[Opening Entries provided section]

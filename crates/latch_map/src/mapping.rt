//! The map.

ghost use Rattle.std.specs.Prelude.{◌≡◌, ◌≤◌, All, IfOk, IfSome, map};
ghost use Rattle.graph.specs.declared.circuit.Lit.{Lit as ALit};
ghost use Rattle.checker2.specs.Accepted.{IsAcceptedFor};
ghost use Rattle.graph.specs.Circuits.{Valuation, value_of};
ghost use Rattle.latch_map.specs.Equal.{AreValues, IsLine, IsLineIn};

use crate::noting::table_of;
use crate::table::{first_latches, partner};
use base::{Refused, Seq};
use certificate::Certificate;
use graph::{Latch, Lit, Model};
use std::alloc::Global;

/// A latch, and what it is equal to: a latch of the other circuit, its negation or a constant. None where nothing is known.
#[derive(Clone, Copy)]
pub struct Line {
    /// the latch
    pub latch: Lit,
    /// what it is equal to
    pub same: Option<Lit>,
}

/// What a latch is equal to: one of the first circuit to one of the second, and one of this to one of the first.
fn same_as(
    table: &[Option<Lit>],
    ones: &[Option<Lit>],
    others: &[Option<Lit>],
    is_first: bool,
    latch: Lit,
) -> Option<Lit>
    ensures { (w : Valuation) → AreValues w table.now → AreValues w ones.now → AreValues w others.now → IfSome result (λ b. value_of w latch ≡ value_of w b) }
{
    if is_first {
        partner(table, others, latch)
    } else {
        partner(table, ones, latch)
    }
}

/// The line of a latch.
fn line_of(
    table: &[Option<Lit>],
    ones: &[Option<Lit>],
    others: &[Option<Lit>],
    is_first: bool,
    latch: Lit,
) -> Line
    ensures latch { result.latch ≡ latch }
    ensures line { (w : Valuation) → AreValues w table.now → AreValues w ones.now → AreValues w others.now → IsLineIn w result }
{
    Line {
        latch,
        same: same_as(table, ones, others, is_first, latch),
    }
}

/// The line of each latch, of which those before the position are the first circuit's.
#[tactic(auto, using(crate::proofs::Lines::lines_more, crate::proofs::Lines::latches_more))]
fn lines_of(
    alloc: Global,
    table: &[Option<Lit>],
    ones: &[Option<Lit>],
    others: &[Option<Lit>],
    latches: &[Latch],
    position: usize,
) -> Result<Seq<Line>, Refused>
    ensures latches { IfOk result (λ ls. map (λ l. l.latch) ls ≡ map (λ l. l.lit) latches.now) }
    ensures lines { IfOk result (λ ls. (w : Valuation) → AreValues w table.now → AreValues w ones.now → AreValues w others.now → All (IsLineIn w) ls) }
{
    let mut lines = Seq::new(alloc);
    for latch in latches {
        let is_first = lines.len() < position;
        lines.push(line_of(table, ones, others, is_first, latch.lit))?;
    }
    Ok(lines)
}

/// The lines by what the table says, of so many variables.
#[tactic(auto, using(crate::proofs::Lines::lines_by))]
fn mapped(
    alloc: Global,
    table: &[Option<Lit>],
    latches: &[Latch],
    position: usize,
    count: usize,
) -> Result<Seq<Line>, Refused>
    requires { count ≤ 4194304 }
    ensures latches { IfOk result (λ ls. map (λ l. l.latch) ls ≡ map (λ l. l.lit) latches.now) }
    ensures lines { IfOk result (λ ls. (w : Valuation) → AreValues w table.now → All (IsLineIn w) ls) }
{
    let position = position.min(latches.len());
    let ones = first_latches(alloc, table, &latches[..position], count)?;
    let others = first_latches(alloc, table, &latches[position..], count)?;
    lines_of(
        alloc,
        table,
        ones.as_slice(),
        others.as_slice(),
        latches,
        position,
    )
}

/// What the certificate's clauses say that each latch is equal to: each one before the position to one from there on, and
/// each of these to one before it, or to a constant. There is a line for each latch, in their order.
pub fn latch_map(
    alloc: Global,
    circuit: &Model,
    certificate: &Certificate,
    position: usize,
) -> Result<Seq<Line>, Refused>
    ensures latches { IfOk result (λ ls. map (λ l. l.latch) ls ≡ map (λ l. l.lit) circuit.now.latches) }
    ensures lines { IfOk result (λ ls. (a : ALit) → IsAcceptedFor circuit.now a certificate.now → All (IsLine circuit.now) ls) }
{
    circuit.well_formed();
    let count = circuit.max_var() as usize + 1;
    let table = table_of(alloc, certificate.invariant.as_slice(), count)?;
    let found = mapped(alloc, table.as_slice(), circuit.latches(), position, count)?;
    Ok(found)
}
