//! What is found of equal latches.

use base::Seq;
use graph::Lit;

/// What is found of latches that are equal: clauses that hold in every first state, and after each step from a state that
/// satisfies all of them and keeps the constraints. Each says that a latch keeps its first value, or that it does where
/// another one does.
#[derive(Drop)]
pub enum Correspondence {
    /// Such clauses that exclude the bad literal.
    Invariant(Seq<Seq<Lit>>),
    /// Such clauses, which don't exclude it as far as is known.
    Inductive(Seq<Seq<Lit>>),
}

[Closing Entries provided section]

• **How to complete this task**
Your answer must be the lines above, unchanged, from the first one through the line that holds "use std::alloc::Global;", inclusive, and no others.

• **Answer to this exercise**
filename crates/latch_map/src/mapping.rt
//! The map.

ghost use Rattle.std.specs.Prelude.{◌≡◌, ◌≤◌, All, IfOk, IfSome, map};
ghost use Rattle.graph.specs.declared.circuit.Lit.{Lit as ALit};
ghost use Rattle.checker2.specs.Accepted.{IsAcceptedFor};
ghost use Rattle.graph.specs.Circuits.{Valuation, value_of};
ghost use Rattle.latch_map.specs.Equal.{AreValues, IsLine, IsLineIn};

use crate::noting::table_of;
use crate::table::{first_latches, partner};
use base::{Refused, Seq};
use certificate::Certificate;
use graph::{Latch, Lit, Model};
use std::alloc::Global;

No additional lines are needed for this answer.